> Prompt: Every line of the data must appear again in the answer, exactly as written.

> Dataset:
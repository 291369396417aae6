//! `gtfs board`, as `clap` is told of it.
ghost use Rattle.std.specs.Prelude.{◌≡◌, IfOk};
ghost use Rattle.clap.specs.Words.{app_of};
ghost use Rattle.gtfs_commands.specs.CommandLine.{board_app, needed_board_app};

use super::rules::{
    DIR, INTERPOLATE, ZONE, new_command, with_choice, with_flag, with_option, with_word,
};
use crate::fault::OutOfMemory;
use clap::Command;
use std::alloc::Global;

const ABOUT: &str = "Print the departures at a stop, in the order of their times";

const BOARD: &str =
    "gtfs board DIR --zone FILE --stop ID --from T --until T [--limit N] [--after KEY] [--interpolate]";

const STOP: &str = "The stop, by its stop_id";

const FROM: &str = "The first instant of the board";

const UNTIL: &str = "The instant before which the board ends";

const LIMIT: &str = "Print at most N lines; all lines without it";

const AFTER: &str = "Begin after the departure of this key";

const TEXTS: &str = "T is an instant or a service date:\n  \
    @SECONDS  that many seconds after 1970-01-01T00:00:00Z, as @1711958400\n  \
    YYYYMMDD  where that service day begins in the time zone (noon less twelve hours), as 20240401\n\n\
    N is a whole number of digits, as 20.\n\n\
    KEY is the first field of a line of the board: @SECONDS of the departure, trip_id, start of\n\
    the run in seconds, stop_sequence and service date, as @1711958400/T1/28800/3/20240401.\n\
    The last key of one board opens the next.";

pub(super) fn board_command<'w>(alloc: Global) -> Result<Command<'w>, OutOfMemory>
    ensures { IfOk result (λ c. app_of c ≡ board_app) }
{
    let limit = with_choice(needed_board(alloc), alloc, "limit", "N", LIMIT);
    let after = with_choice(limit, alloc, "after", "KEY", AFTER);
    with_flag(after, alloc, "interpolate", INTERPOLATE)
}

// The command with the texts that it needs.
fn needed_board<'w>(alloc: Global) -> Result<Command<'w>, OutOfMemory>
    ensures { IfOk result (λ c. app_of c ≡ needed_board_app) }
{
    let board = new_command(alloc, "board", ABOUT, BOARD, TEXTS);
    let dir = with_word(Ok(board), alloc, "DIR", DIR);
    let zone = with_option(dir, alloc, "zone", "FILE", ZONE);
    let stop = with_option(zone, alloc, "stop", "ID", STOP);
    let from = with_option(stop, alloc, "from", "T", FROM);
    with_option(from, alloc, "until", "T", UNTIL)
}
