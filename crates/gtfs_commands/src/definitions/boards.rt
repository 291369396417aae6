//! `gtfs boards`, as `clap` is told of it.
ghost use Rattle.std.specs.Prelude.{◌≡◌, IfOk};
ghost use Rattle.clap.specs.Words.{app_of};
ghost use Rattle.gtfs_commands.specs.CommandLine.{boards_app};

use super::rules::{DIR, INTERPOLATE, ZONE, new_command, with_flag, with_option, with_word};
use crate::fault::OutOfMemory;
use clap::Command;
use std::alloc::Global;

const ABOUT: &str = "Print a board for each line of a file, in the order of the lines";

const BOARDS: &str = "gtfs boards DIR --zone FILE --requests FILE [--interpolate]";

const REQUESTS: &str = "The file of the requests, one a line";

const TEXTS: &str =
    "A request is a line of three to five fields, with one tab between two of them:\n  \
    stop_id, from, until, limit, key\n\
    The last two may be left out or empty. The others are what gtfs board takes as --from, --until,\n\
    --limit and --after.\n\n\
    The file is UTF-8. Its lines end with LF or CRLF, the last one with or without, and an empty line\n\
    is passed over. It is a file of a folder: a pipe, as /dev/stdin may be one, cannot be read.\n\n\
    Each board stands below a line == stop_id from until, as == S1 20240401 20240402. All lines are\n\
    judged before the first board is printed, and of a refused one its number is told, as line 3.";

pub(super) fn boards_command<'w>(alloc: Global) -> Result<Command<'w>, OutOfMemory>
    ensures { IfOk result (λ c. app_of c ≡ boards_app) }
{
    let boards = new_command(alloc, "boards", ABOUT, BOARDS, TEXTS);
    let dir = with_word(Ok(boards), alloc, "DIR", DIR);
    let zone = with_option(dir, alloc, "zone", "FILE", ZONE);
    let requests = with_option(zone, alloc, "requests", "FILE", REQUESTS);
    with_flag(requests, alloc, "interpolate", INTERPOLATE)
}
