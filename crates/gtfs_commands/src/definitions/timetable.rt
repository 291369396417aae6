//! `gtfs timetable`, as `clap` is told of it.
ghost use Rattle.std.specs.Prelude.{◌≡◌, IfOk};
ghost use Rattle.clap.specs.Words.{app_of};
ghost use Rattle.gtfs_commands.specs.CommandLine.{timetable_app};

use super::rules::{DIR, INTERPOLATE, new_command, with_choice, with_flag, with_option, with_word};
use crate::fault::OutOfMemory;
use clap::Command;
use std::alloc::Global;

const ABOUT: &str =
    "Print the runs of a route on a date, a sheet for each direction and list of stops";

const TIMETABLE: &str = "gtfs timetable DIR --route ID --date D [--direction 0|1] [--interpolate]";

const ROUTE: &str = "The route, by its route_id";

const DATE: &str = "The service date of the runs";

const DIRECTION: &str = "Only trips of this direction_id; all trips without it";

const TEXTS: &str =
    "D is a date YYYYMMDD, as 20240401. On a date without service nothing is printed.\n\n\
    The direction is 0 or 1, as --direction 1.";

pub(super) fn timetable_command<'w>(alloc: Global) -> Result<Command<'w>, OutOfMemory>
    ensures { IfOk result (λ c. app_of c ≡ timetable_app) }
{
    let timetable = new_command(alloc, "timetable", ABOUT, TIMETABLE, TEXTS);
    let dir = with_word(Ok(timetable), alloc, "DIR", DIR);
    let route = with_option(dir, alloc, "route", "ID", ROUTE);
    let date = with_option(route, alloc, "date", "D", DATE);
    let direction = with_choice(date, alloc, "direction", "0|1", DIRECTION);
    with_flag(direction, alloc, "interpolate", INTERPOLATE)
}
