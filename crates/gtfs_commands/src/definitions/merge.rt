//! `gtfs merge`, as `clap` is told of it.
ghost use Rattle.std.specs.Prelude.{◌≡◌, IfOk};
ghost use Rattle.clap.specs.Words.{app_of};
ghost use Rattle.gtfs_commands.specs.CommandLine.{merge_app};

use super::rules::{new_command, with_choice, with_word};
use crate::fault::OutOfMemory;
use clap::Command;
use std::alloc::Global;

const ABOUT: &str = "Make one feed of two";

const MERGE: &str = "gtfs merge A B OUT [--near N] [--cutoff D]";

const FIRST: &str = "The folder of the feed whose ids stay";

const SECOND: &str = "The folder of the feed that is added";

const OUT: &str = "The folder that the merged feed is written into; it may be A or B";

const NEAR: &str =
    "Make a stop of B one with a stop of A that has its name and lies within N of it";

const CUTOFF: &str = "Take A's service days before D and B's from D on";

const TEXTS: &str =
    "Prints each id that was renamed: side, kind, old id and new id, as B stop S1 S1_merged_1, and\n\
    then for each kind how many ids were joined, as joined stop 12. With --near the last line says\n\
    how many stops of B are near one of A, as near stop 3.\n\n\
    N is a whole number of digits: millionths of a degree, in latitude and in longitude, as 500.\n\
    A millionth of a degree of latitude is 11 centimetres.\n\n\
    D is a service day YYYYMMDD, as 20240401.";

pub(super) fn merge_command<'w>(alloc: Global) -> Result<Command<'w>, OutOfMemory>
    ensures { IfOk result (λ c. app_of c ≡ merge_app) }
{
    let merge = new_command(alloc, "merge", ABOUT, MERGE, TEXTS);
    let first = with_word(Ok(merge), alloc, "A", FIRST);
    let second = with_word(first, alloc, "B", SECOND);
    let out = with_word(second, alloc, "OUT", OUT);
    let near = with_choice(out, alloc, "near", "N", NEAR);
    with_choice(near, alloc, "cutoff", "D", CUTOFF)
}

> Output of the task:
repository 291369396417aae6
//! `gtfs board`, as `clap` is told of it.
ghost use Rattle.std.specs.Prelude.{◌≡◌, IfOk};
ghost use Rattle.clap.specs.Words.{app_of};
ghost use Rattle.gtfs_commands.specs.CommandLine.{board_app, needed_board_app};

use super::rules::{
    DIR, INTERPOLATE, ZONE, new_command, with_choice, with_flag, with_option, with_word,
};
use crate::fault::OutOfMemory;
use clap::Command;
use std::alloc::Global;

const ABOUT: &str = "Print the departures at a stop, in the order of their times";

const BOARD: &str =
    "gtfs board DIR --zone FILE --stop ID --from T --until T [--limit N] [--after KEY] [--interpolate]";

const STOP: &str = "The stop, by its stop_id";

const FROM: &str = "The first instant of the board";

const UNTIL: &str = "The instant before which the board ends";

const LIMIT: &str = "Print at most N lines; all lines without it";

const AFTER: &str = "Begin after the departure of this key";

const TEXTS: &str = "T is an instant or a service date:\n  \
    @SECONDS  that many seconds after 1970-01-01T00:00:00Z, as @1711958400\n  \
    YYYYMMDD  where that service day begins in the time zone (noon less twelve hours), as 20240401\n\n\
    N is a whole number of digits, as 20.\n\n\
    KEY is the first field of a line of the board: @SECONDS of the departure, trip_id, start of\n\
    the run in seconds, stop_sequence and service date, as @1711958400/T1/28800/3/20240401.\n\
    The last key of one board opens the next.";

pub(super) fn board_command<'w>(alloc: Global) -> Result<Command<'w>, OutOfMemory>
    ensures { IfOk result (λ c. app_of c ≡ board_app) }
{
    let limit = with_choice(needed_board(alloc), alloc, "limit", "N", LIMIT);
    let after = with_choice(limit, alloc, "after", "KEY", AFTER);
    with_flag(after, alloc, "interpolate", INTERPOLATE)
}

// The command with the texts that it needs.
fn needed_board<'w>(alloc: Global) -> Result<Command<'w>, OutOfMemory>
    ensures { IfOk result (λ c. app_of c ≡ needed_board_app) }
{
    let board = new_command(alloc, "board", ABOUT, BOARD, TEXTS);
    let dir = with_word(Ok(board), alloc, "DIR", DIR);
    let zone = with_option(dir, alloc, "zone", "FILE", ZONE);
    let stop = with_option(zone, alloc, "stop", "ID", STOP);
    let from = with_option(stop, alloc, "from", "T", FROM);
    with_option(from, alloc, "until", "T", UNTIL)
}
filename crates/gtfs_commands/src/definitions/boards.rt
repository 291369396417aae6
//! `gtfs boards`, as `clap` is told of it.
ghost use Rattle.std.specs.Prelude.{◌≡◌, IfOk};
ghost use Rattle.clap.specs.Words.{app_of};
ghost use Rattle.gtfs_commands.specs.CommandLine.{boards_app};

use super::rules::{DIR, INTERPOLATE, ZONE, new_command, with_flag, with_option, with_word};
use crate::fault::OutOfMemory;
use clap::Command;
use std::alloc::Global;

const ABOUT: &str = "Print a board for each line of a file, in the order of the lines";

const BOARDS: &str = "gtfs boards DIR --zone FILE --requests FILE [--interpolate]";

const REQUESTS: &str = "The file of the requests, one a line";

const TEXTS: &str =
    "A request is a line of three to five fields, with one tab between two of them:\n  \
    stop_id, from, until, limit, key\n\
    The last two may be left out or empty. The others are what gtfs board takes as --from, --until,\n\
    --limit and --after.\n\n\
    The file is UTF-8. Its lines end with LF or CRLF, the last one with or without, and an empty line\n\
    is passed over. It is a file of a folder: a pipe, as /dev/stdin may be one, cannot be read.\n\n\
    Each board stands below a line == stop_id from until, as == S1 20240401 20240402. All lines are\n\
    judged before the first board is printed, and of a refused one its number is told, as line 3.";

pub(super) fn boards_command<'w>(alloc: Global) -> Result<Command<'w>, OutOfMemory>
    ensures { IfOk result (λ c. app_of c ≡ boards_app) }
{
    let boards = new_command(alloc, "boards", ABOUT, BOARDS, TEXTS);
    let dir = with_word(Ok(boards), alloc, "DIR", DIR);
    let zone = with_option(dir, alloc, "zone", "FILE", ZONE);
    let requests = with_option(zone, alloc, "requests", "FILE", REQUESTS);
    with_flag(requests, alloc, "interpolate", INTERPOLATE)
}
filename crates/gtfs_commands/src/definitions/timetable.rt
repository 291369396417aae6
//! `gtfs timetable`, as `clap` is told of it.
ghost use Rattle.std.specs.Prelude.{◌≡◌, IfOk};
ghost use Rattle.clap.specs.Words.{app_of};
ghost use Rattle.gtfs_commands.specs.CommandLine.{timetable_app};

use super::rules::{DIR, INTERPOLATE, new_command, with_choice, with_flag, with_option, with_word};
use crate::fault::OutOfMemory;
use clap::Command;
use std::alloc::Global;

const ABOUT: &str =
    "Print the runs of a route on a date, a sheet for each direction and list of stops";

const TIMETABLE: &str = "gtfs timetable DIR --route ID --date D [--direction 0|1] [--interpolate]";

const ROUTE: &str = "The route, by its route_id";

const DATE: &str = "The service date of the runs";

const DIRECTION: &str = "Only trips of this direction_id; all trips without it";

const TEXTS: &str =
    "D is a date YYYYMMDD, as 20240401. On a date without service nothing is printed.\n\n\
    The direction is 0 or 1, as --direction 1.";

pub(super) fn timetable_command<'w>(alloc: Global) -> Result<Command<'w>, OutOfMemory>
    ensures { IfOk result (λ c. app_of c ≡ timetable_app) }
{
    let timetable = new_command(alloc, "timetable", ABOUT, TIMETABLE, TEXTS);
    let dir = with_word(Ok(timetable), alloc, "DIR", DIR);
    let route = with_option(dir, alloc, "route", "ID", ROUTE);
    let date = with_option(route, alloc, "date", "D", DATE);
    let direction = with_choice(date, alloc, "direction", "0|1", DIRECTION);
    with_flag(direction, alloc, "interpolate", INTERPOLATE)
}
filename crates/gtfs_commands/src/definitions/merge.rt
//! `gtfs merge`, as `clap` is told of it.
ghost use Rattle.std.specs.Prelude.{◌≡◌, IfOk};
ghost use Rattle.clap.specs.Words.{app_of};
ghost use Rattle.gtfs_commands.specs.CommandLine.{merge_app};

use super::rules::{new_command, with_choice, with_word};
use crate::fault::OutOfMemory;
use clap::Command;
use std::alloc::Global;

const ABOUT: &str = "Make one feed of two";

const MERGE: &str = "gtfs merge A B OUT [--near N] [--cutoff D]";

const FIRST: &str = "The folder of the feed whose ids stay";

const SECOND: &str = "The folder of the feed that is added";

const OUT: &str = "The folder that the merged feed is written into; it may be A or B";

const NEAR: &str =
    "Make a stop of B one with a stop of A that has its name and lies within N of it";

const CUTOFF: &str = "Take A's service days before D and B's from D on";

const TEXTS: &str =
    "Prints each id that was renamed: side, kind, old id and new id, as B stop S1 S1_merged_1, and\n\
    then for each kind how many ids were joined, as joined stop 12. With --near the last line says\n\
    how many stops of B are near one of A, as near stop 3.\n\n\
    N is a whole number of digits: millionths of a degree, in latitude and in longitude, as 500.\n\
    A millionth of a degree of latitude is 11 centimetres.\n\n\
    D is a service day YYYYMMDD, as 20240401.";

pub(super) fn merge_command<'w>(alloc: Global) -> Result<Command<'w>, OutOfMemory>
    ensures { IfOk result (λ c. app_of c ≡ merge_app) }
{
    let merge = new_command(alloc, "merge", ABOUT, MERGE, TEXTS);
    let first = with_word(Ok(merge), alloc, "A", FIRST);
    let second = with_word(first, alloc, "B", SECOND);
    let out = with_word(second, alloc, "OUT", OUT);
    let near = with_choice(out, alloc, "near", "N", NEAR);
    with_choice(near, alloc, "cutoff", "D", CUTOFF)
}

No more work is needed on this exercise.